▸ **Exercise instructions**
Copy out exactly the lines below that run from the one holding "fn cycles(&mut self, _window: &Window)" to the one holding "filename crates/workers/src/simulator.rt", keeping both of those lines and no others.

Stored entries

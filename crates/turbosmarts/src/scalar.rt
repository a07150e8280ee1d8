ghost use Rattle.std.specs.Prelude.{◌≡◌, false, refl, []};
ghost use Rattle.hierarchy.specs.Config.{IsConfig};
ghost use Rattle.turbosmarts.specs.Processor.{IsShownMore};
ghost use Rattle.turbosmarts.specs.Scalar.{HasSummed};

use crate::processor::Processor;
use hierarchy::Config;
use ruu_timing::scalar_latency;
use rv_exec::{Event, Watch};
use sample_design::Window;

/// The processor that does one instruction after the other. Of a window it needs to see no more than
/// the unit at its end.
#[derive(Debug, Drop)]
pub struct Scalar<'a> {
    config: &'a Config,
    /// Cycles of the instructions since the unit began.
    cycles: u32,
}

impl<'a> Scalar<'a> {
    pub fn new(config: &'a Config) -> Scalar<'a>
        requires { config.now.ruu ≡ false }
        ensures config { result.config.now ≡ config.now }
        ensures shown { HasSummed config.now result.cycles 0 [] }
    {
        Scalar { config, cycles: 0 }
    }
}

impl<'a> Watch for Scalar<'a> {
    ghost sees = { λ before event after. (after.config.now ≡ before.config.now)
        × IsShownMore (HasSummed before.config.now before.cycles) event (HasSummed after.config.now after.cycles) };

    ghost sound = { λ p. IsConfig p.config.now };

    // The loop over a run calls it once an instruction, for one addition.
    #[inline(always)]
    fn see(&mut self, event: &Event) {
        let latency = scalar_latency(&self.config.latencies, event.class);
        self.cycles = self.cycles.wrapping_add(latency);
    }
}

impl<'a> Processor for Scalar<'a> {
    ghost config = { λ p. p.config.now };

    ghost longest = { λ p. 110000 };

    ghost shown = { λ p begun es. HasSummed p.config.now p.cycles begun es };

    fn begin_unit(&mut self) {
        self.cycles = 0;
    }

    fn cycles(&mut self, _window: &Window) -> u32 {
        self.cycles
    }

    ghost can_watch = { λ p config. config };

    ghost is_shown = { λ before event after saw. (saw.0, refl, saw.1) };
}
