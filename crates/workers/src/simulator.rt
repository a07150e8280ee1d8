ghost use Rattle.std.specs.Prelude.{◌≡◌};

use confidence::Answer;

/// What answers points, one by one, each by itself: its answer depends on what it was set up with and on
/// the point, never on what it answered before.
pub trait Simulator: Drop {
    ghost use Rattle.confidence.specs.declared.answer.Answer.{Answer as AnswerValue};
    ghost use Rattle.ordered_fold.specs.Batch.{IsHeldAnswer};

    type Point;

    /// What its answers depend on beside the point. No value of it is made.
    type Setup;

    ghost setup: { Self → Self.Setup };

    /// The answer of a point.
    ghost answer: { Self.Setup → Self.Point → AnswerValue };

    /// The points that it can answer.
    ghost takes: { Self.Setup → Self.Point → Type 0 };

    fn simulate(&mut self, point: &Self::Point) -> Answer
        requires takes { takes (setup self.old) point.now }
        ensures answer { result ≡ answer (setup self.old) point.now }
        ensures same { setup self.new ≡ setup self.old };

    /// Each answer can stand in a cell of the board.
    ghost held: { (setup : Self.Setup) (point : Self.Point) → takes setup point → IsHeldAnswer (answer setup point) };
}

▸ **Exercise answer**
    fn cycles(&mut self, _window: &Window) -> u32 {
        self.cycles
    }

    ghost can_watch = { λ p config. config };

    ghost is_shown = { λ before event after saw. (saw.0, refl, saw.1) };
}
filename crates/workers/src/simulator.rt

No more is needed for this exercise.